Saved entries:

□ □ □ □ □ □ □

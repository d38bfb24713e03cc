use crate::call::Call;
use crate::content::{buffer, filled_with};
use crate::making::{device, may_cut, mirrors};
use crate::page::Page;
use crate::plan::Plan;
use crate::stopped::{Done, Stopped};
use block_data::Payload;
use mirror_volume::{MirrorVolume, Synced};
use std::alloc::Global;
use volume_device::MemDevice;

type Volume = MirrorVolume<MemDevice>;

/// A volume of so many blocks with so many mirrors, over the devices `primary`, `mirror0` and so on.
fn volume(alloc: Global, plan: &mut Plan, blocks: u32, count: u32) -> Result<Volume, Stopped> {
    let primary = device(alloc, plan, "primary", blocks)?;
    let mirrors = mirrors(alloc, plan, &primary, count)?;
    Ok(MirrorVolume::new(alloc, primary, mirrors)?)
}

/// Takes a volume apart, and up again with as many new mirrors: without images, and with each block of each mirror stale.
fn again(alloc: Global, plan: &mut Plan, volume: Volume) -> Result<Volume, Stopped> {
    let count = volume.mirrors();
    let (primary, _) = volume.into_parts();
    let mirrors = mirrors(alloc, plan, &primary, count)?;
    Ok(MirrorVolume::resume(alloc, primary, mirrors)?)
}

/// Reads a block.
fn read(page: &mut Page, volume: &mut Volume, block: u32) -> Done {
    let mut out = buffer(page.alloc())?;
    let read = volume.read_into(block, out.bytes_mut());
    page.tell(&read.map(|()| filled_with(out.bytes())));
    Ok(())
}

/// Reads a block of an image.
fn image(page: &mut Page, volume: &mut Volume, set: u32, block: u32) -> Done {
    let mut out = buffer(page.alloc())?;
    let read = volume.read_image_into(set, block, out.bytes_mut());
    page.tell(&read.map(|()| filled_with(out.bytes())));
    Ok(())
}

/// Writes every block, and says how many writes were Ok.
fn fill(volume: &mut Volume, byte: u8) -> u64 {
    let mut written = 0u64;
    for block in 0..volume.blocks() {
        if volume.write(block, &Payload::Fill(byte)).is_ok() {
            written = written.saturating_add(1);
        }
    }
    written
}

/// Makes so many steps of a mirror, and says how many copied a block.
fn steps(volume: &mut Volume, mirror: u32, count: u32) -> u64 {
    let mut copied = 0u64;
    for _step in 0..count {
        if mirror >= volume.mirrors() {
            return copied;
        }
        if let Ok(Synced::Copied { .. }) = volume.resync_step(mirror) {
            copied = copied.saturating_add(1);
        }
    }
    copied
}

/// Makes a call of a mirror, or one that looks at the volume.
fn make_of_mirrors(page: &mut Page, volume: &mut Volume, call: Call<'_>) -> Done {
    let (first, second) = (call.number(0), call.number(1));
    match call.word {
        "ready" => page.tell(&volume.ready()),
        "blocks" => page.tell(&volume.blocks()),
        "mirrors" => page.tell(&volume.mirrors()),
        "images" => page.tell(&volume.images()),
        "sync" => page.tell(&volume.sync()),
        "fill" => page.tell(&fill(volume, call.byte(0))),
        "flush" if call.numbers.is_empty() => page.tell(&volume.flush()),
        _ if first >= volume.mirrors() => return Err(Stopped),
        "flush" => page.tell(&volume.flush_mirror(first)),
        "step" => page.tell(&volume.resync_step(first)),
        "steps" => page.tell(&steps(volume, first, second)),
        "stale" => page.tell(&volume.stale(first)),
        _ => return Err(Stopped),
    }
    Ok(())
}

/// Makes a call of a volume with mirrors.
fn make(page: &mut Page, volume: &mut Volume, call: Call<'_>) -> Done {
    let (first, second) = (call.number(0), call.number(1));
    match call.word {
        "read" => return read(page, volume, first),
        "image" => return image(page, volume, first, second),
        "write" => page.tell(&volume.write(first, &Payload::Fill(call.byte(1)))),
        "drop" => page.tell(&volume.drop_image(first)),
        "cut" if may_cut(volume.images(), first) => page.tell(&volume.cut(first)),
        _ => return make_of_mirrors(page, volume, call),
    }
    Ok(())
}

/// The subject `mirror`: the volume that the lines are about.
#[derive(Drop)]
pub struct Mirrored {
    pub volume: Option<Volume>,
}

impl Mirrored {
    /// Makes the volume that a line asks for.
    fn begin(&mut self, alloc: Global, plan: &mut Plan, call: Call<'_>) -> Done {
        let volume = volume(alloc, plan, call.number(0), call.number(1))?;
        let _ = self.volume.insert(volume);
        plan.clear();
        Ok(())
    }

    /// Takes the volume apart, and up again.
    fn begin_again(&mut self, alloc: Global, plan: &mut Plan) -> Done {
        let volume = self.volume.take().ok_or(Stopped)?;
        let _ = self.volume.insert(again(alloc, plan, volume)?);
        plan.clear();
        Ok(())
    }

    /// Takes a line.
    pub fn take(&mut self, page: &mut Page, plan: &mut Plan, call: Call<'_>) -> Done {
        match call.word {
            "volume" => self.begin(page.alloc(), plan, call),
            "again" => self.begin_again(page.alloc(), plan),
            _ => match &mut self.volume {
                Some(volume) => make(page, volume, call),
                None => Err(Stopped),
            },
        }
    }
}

□ □ □ □ □ □ □

• **REQUIRED ACTION**: Beginning with the line that holds "plan, call.number(0), call.number(1))?;", please return every line through the end of the data, exactly as written.

• **REPLY**:
        let volume = volume(alloc, plan, call.number(0), call.number(1))?;
        let _ = self.volume.insert(volume);
        plan.clear();
        Ok(())
    }

    /// Takes the volume apart, and up again.
    fn begin_again(&mut self, alloc: Global, plan: &mut Plan) -> Done {
        let volume = self.volume.take().ok_or(Stopped)?;
        let _ = self.volume.insert(again(alloc, plan, volume)?);
        plan.clear();
        Ok(())
    }

    /// Takes a line.
    pub fn take(&mut self, page: &mut Page, plan: &mut Plan, call: Call<'_>) -> Done {
        match call.word {
            "volume" => self.begin(page.alloc(), plan, call),
            "again" => self.begin_again(page.alloc(), plan),
            _ => match &mut self.volume {
                Some(volume) => make(page, volume, call),
                None => Err(Stopped),
            },
        }
    }
}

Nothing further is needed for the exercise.